All they have to do is get some backing like the Vietnamese got from China and Russia and they would be in business. Capture a Syrian or Iraqi airbase without destroying the aircraft and people will train them to fly. Maintaining them is another story. Of course their backers would provide maintainers if need be.


----------



## Kauboy (May 12, 2014)

They haven't pissed off the wrong group yet.
So far, they're a nuisance that happens to be making headway.
Once upon a time, this kind of action would have been met with a crusade.
Now we live in the fictional world of "global tolerance" and consider defending human lives in a foreign country to be "policing the world".
This president doesn't have the stones to do what *SHOULD* be done because he built a campaign against it.
When they start to move into Iran, or inch their way into Saudi Arabia, they'll be hammered.
Assad in Syria is too busy fighting his own people to do anything about it, and Iraq wasn't sufficiently trained to defend themselves before ol' "Cut-n-Run" Obama did what his daddy should have done, and pulled out early.
If they have their own tank regiment, I've not heard about it.
Until they have anything remotely close to "superior firepower", they're just a gang of murdering thugs.


----------



## Prepared One (Nov 5, 2014)

before ol' "Cut-n-Run" Obama did what his daddy should have done, and pulled out early.

To damn funny Kauboy.


----------



## Smitty901 (Nov 16, 2012)

Obama has known from day ISIS is. He support and allowed them to grow in power he still does. He my have mistaken though he could latter deal with them then be a hero.
But what ever his reason he help them grow and gain power.


----------



## James m (Mar 11, 2014)

It's Barry's fault.


----------



## Chipper (Dec 22, 2012)

How long will the isis air force last?? I figure about 2 minutes. If they fly planes like they shoot AK's I'm not to worried.


----------



## dsdmmat (Nov 9, 2012)

Chipper said:


> How long will the isis air force last?? I figure about 2 minutes. If they fly planes like they shoot AK's I'm not to worried.

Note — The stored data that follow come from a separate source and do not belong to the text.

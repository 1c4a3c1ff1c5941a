//! What the notes of links tell, by the addresses of their keys (RFC 6130, sections 7.1 and 12.3).
ghost use Rattle.std.specs.Prelude.{◌↔◌, ◌++◌, ◌∷◌, [], List, IfOk, OnOk, IsTrue, IsSome, Some};
ghost use Rattle.std.specs.Option.{option_copied};
ghost use Rattle.mesh_atoms.specs.declared.addr.Addr4.{Addr4};
ghost use Rattle.mesh_nbrs.specs.declared.neighbours.LinkNote.{LinkNote};
ghost use Rattle.mesh_nbrs.specs.Neighbours.{HasNote, IsNotesSummary};
ghost use Rattle.mesh_nbrs.specs.Parts.{IsSummaryOf, AreSummariesOf, part_of, HasSummaryAt};

use crate::neighbours::LinkNote;
use crate::summary::{Summary, joined, summary_of};
use indexmap::IndexMap;
use mesh_atoms::Addr4;
use std::alloc::{AllocError, Global};

// What the notes of an address tell, with one more.
fn with_note(part: Option<&Summary>, note: &LinkNote) -> Summary
    ensures { (notes : List LinkNote) → IsSummaryOf notes note.now.key.addr (option_copied part.entry) → IsSummaryOf (notes ++ note.now ∷ []) note.now.key.addr (Some result) }
{
    let told = summary_of(note);
    match part {
        Some(part) => joined(part, &told),
        None => told,
    }
}

// Adds a note to those of its address.
fn add_note(parts: &mut IndexMap<Addr4, Summary>, note: &LinkNote) -> Result<(), AllocError>
    ensures { OnOk result ((notes : List LinkNote) → AreSummariesOf notes parts.old.entries → AreSummariesOf (notes ++ note.now ∷ []) parts.new.entries) }
{
    let addr = note.key.addr;
    let part = with_note(parts.get(&addr), note);
    parts.insert(addr, part)?;
    Ok(())
}

/// What the notes tell of each address.
pub fn parts_of(alloc: Global, notes: &[LinkNote]) -> Result<IndexMap<Addr4, Summary>, AllocError>
    ensures { IfOk result (λ parts. AreSummariesOf notes.now parts.entries) }
{
    let mut parts = IndexMap::new(alloc);
    for note in notes {
        add_note(&mut parts, note)?;
    }
    Ok(parts)
}

// Whether notes are of the address.
fn is_noted(parts: &IndexMap<Addr4, Summary>, addr: Addr4) -> bool
    ensures { IsTrue result ↔ IsSome (part_of parts.now.entries addr) }
{
    parts.get(&addr).is_some()
}

/// Whether notes are of one of the addresses.
pub fn has_part(parts: &IndexMap<Addr4, Summary>, addrs: &[Addr4]) -> bool
    ensures { IsTrue result ↔ HasSummaryAt parts.now.entries addrs.now }
{
    for addr in addrs {
        if is_noted(parts, *addr) {
            return true;
        }
    }
    false
}

// With what the notes of one more address tell.
fn with_part(so_far: &Summary, parts: &IndexMap<Addr4, Summary>, addr: Addr4) -> Summary
    ensures { (notes : List LinkNote) (addrs : List Addr4) → AreSummariesOf notes parts.now.entries → IsNotesSummary (HasNote notes addrs) so_far.now → IsNotesSummary (HasNote notes (addrs ++ addr ∷ [])) result }
{
    match parts.get(&addr) {
        Some(part) => joined(so_far, part),
        None => *so_far,
    }
}

/// What the notes of the neighbour with these addresses tell together; its moment is 0 where there are none. Looks each
/// address up once.
pub fn together(parts: &IndexMap<Addr4, Summary>, addrs: &[Addr4]) -> Summary
    ensures { (notes : List LinkNote) → AreSummariesOf notes parts.now.entries → IsNotesSummary (HasNote notes addrs.now) result }
{
    let mut summary = Summary {
        symmetric: false,
        metric_in: None,
        metric_out: None,
        until: 0,
    };
    for addr in addrs {
        summary = with_part(&summary, parts, *addr);
    }
    summary
}
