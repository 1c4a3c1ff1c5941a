//! The routes of a router (RFC 7181, section 19): from its information bases, the least walks over the graph that they give,
//! and the next hop of each.
#![tactic(auto)]

mod arcs;
mod bases;
mod choice;
mod firsts;
mod hops;
mod laws;
mod owners;
mod routes;
mod rows;
mod ways;

pub use choice::graph_of;
pub use hops::{
    Flooding, NeighbourLink, Purpose, Routing, RoutingSet, SymmetricNeighbour, best_way,
    is_outside, known_arc, owner_at, owner_by, two_hop_arc, way_of,
};
pub use laws::{routers_have_routes, routes_and_graphs_stay};
pub use mesh_atoms::Route;
pub use routes::routes_of;
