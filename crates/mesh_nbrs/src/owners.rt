//! The map from each address to the originator of the neighbour that has it (RFC 6130, section 8.1).
ghost use Rattle.std.specs.Prelude.{◌≡◌, ◌≢◌, ◌↔◌, IfOk, IsSome, OnOk, OnErr, Contains, None, Some, length, ◌+◌, ◌&&◌, cond, true, is_some, if◌then◌else◌};
ghost use Rattle.std.specs.List.{list_any};
ghost use Rattle.indexmap.specs.IndexSet.{contains};
ghost use Rattle.mesh_atoms.specs.declared.addr.Addr4.{Addr4};
ghost use Rattle.mesh_atoms.specs.Base.{HasDistinctKeys, SetsOnly, find, addr_eq};
ghost use Rattle.mesh_atoms.specs.Words.{IsKept};
ghost use Rattle.mesh_nbrs.specs.Neighbours.{IsSpokenOf};
ghost use Rattle.mesh_nbrs.specs.Owners.{Owned, LeavesNotesOf, SetsOwner, owner_of, is_owner};
ghost use Rattle.mesh_nbrs.specs.Parts.{HasSummaryAt};

use crate::ends::end_all;
use crate::summary::Summary;
use indexmap::{IndexMap, IndexSet};
use mesh_atoms::{Addr4, Neighbour};
use mesh_expire::{Table, map_keys_are_distinct};
use std::alloc::{AllocError, Global};

/// Takes the addresses out of the map. Takes no memory.
pub fn disown(owners: &mut IndexMap<Addr4, Addr4>, addrs: &[Addr4])
    ensures { SetsOwner addrs.now None owners.old.entries owners.new.entries }
{
    for addr in addrs {
        owners.swap_remove(addr);
    }
}

// Notes the originator for the address.
fn own(
    owners: &mut IndexMap<Addr4, Addr4>,
    addr: Addr4,
    originator: Addr4,
) -> Result<(), AllocError>
    ensures ok { OnOk result ((a : Addr4) → owner_of owners.new.entries a ≡ cond (addr_eq addr a) (Some originator) (owner_of owners.old.entries a)) }
    ensures err { OnErr result (owners.new.entries ≡ owners.old.entries) }
{
    owners.insert(addr, originator)?;
    Ok(())
}

/// Notes the originator for each of the addresses.
pub fn own_all(
    owners: &mut IndexMap<Addr4, Addr4>,
    addrs: &[Addr4],
    originator: Addr4,
) -> Result<(), AllocError>
    ensures ok { OnOk result (SetsOwner addrs.now (Some originator) owners.old.entries owners.new.entries) }
    ensures others { (a : Addr4) → (Contains addrs.now a → ⊥) → owner_of owners.new.entries a ≡ owner_of owners.old.entries a }
{
    for addr in addrs {
        own(owners, *addr, originator)?;
    }
    Ok(())
}

// Takes the addresses of the neighbour with that originator out of the map.
fn disown_at<T: Table<Addr4, Neighbour>>(
    owners: &mut IndexMap<Addr4, Addr4>,
    table: &T,
    originator: Addr4,
)
    requires { Owned owners.old.entries (T.content table.now) }
    ensures { LeavesNotesOf (λ o. o ≢ originator) owners.old.entries owners.new.entries }
{
    if let Some((neighbour, _)) = table.get(&originator) {
        disown(owners, neighbour.addrs.as_slice());
    }
}

/// Takes out the neighbour with that originator, where there is one, with its addresses. Takes no memory.
pub fn remove_owned<T: Table<Addr4, Neighbour>>(
    table: &mut T,
    owners: &mut IndexMap<Addr4, Addr4>,
    originator: Addr4,
) -> bool
    requires { Owned owners.old.entries (T.content table.old) }
    ensures owned { Owned owners.new.entries (T.content table.new) }
    ensures removed { SetsOnly addr_eq (T.content table.old) (T.content table.new) originator None }
    ensures count { length (T.content table.new) + (if result then 1 else 0) ≡ length (T.content table.old) }
    ensures distinct { HasDistinctKeys addr_eq (T.content table.new) }
{
    disown_at(owners, table, originator);
    table.remove(&originator)
}

// Whether there is a neighbour with that originator.
fn has_neighbour<T: Table<Addr4, Neighbour>>(table: &T, originator: &Addr4) -> bool
    ensures { result ≡ is_some (find addr_eq (T.content table.now) originator.now) }
{
    table.get(originator).is_some()
}

// Takes out each address whose neighbour is gone. Goes over the whole map. Takes no memory.
fn purge<T: Table<Addr4, Neighbour>>(owners: &mut IndexMap<Addr4, Addr4>, table: &T)
    ensures { LeavesNotesOf (λ o. IsSome (find addr_eq (T.content table.now) o)) owners.old.entries owners.new.entries }
{
    map_keys_are_distinct(owners);
    owners.retain(|_, originator| has_neighbour(table, originator));
}

/// Takes out each neighbour that no note is of, with its addresses. Where there is one, goes over the whole map. Takes no memory.
pub fn end_owned<T: Table<Addr4, Neighbour>>(
    table: &mut T,
    owners: &mut IndexMap<Addr4, Addr4>,
    parts: &IndexMap<Addr4, Summary>,
)
    requires owned { Owned owners.old.entries (T.content table.old) }
    requires distinct { HasDistinctKeys addr_eq (T.content table.old) }
    ensures owned { Owned owners.new.entries (T.content table.new) }
    ensures kept { (q : Addr4) → IsKept (λ e. (HasSummaryAt parts.now.entries e.0.addrs → ⊥) → ⊥) (find addr_eq (T.content table.old) q) (find addr_eq (T.content table.new) q) }
    ensures distinct { HasDistinctKeys addr_eq (T.content table.new) }
{
    if end_all(table, parts) > 0 {
        purge(owners, table);
    }
}

// The originator that is noted for the address.
fn owner(owners: &IndexMap<Addr4, Addr4>, addr: Addr4) -> Option<Addr4>
    ensures { result ≡ owner_of owners.now.entries addr }
{
    let originator = owners.get(&addr)?;
    Some(*originator)
}

// Adds the originator that is noted for the address.
fn add_owner(
    found: &mut IndexSet<Addr4>,
    owners: &IndexMap<Addr4, Addr4>,
    addr: Addr4,
) -> Result<(), AllocError>
    ensures { OnOk result ((o : _) → contains addr_eq found.new o ≡ cond (is_owner (owner_of owners.now.entries addr) o) true (contains addr_eq found.old o)) }
{
    if let Some(originator) = owner(owners, addr) {
        found.insert(originator)?;
    }
    Ok(())
}

// The originators that are noted for the addresses.
fn owners_of(
    alloc: Global,
    owners: &IndexMap<Addr4, Addr4>,
    addrs: &[Addr4],
) -> Result<IndexSet<Addr4>, AllocError>
    ensures { IfOk result (λ set. (o : _) → contains addr_eq set o ≡ list_any (λ x. is_owner (owner_of owners.now.entries x) o) addrs.now) }
{
    let mut found = IndexSet::new(alloc);
    for addr in addrs {
        add_owner(&mut found, owners, *addr)?;
    }
    Ok(found)
}

// Adds the originator, where a neighbour has it.
fn add_standing<T: Table<Addr4, Neighbour>>(
    found: &mut IndexSet<Addr4>,
    table: &T,
    originator: Addr4,
) -> Result<(), AllocError>
    ensures { OnOk result ((o : _) → contains addr_eq found.new o
        ≡ cond (is_some (find addr_eq (T.content table.now) originator) && addr_eq originator o) true (contains addr_eq found.old o)) }
{
    if has_neighbour(table, &originator) {
        found.insert(originator)?;
    }
    Ok(())
}

/// The originators of the neighbours that a HELLO with this originator and these addresses speaks of, each once.
pub fn all_spoken_of<T: Table<Addr4, Neighbour>>(
    alloc: Global,
    table: &T,
    owners: &IndexMap<Addr4, Addr4>,
    originator: Addr4,
    listed: &[Addr4],
) -> Result<Vec<Addr4>, AllocError>
    requires { Owned owners.now.entries (T.content table.now) }
    ensures { IfOk result (λ found. (o : Addr4) → Contains found.items o ↔ IsSpokenOf (T.content table.now) originator listed.now o) }
{
    let mut found = owners_of(alloc, owners, listed)?;
    add_standing(&mut found, table, originator)?;
    Vec::from_slice(alloc, found.as_slice())
}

Depends upon who is training and equipping them.


----------



## James m (Mar 11, 2014)

If an outside power like Russia starts selling them planes I think they will get political leverage. If you shoot these down this and that will happen. It could heat up even more if Russia butts in. The US is allegedly sending armor to Europe near Poland. They didn't like missile defense going close to Russia, it just gives them another reason.


----------



## PatriotFlamethrower (Jan 10, 2015)

Camel923 said:


> If ISIL is the jv team that would make Obama and his administration pee wee league reject thumb suckers.


In Obama's case, it's not a thumb that he's sucking.


----------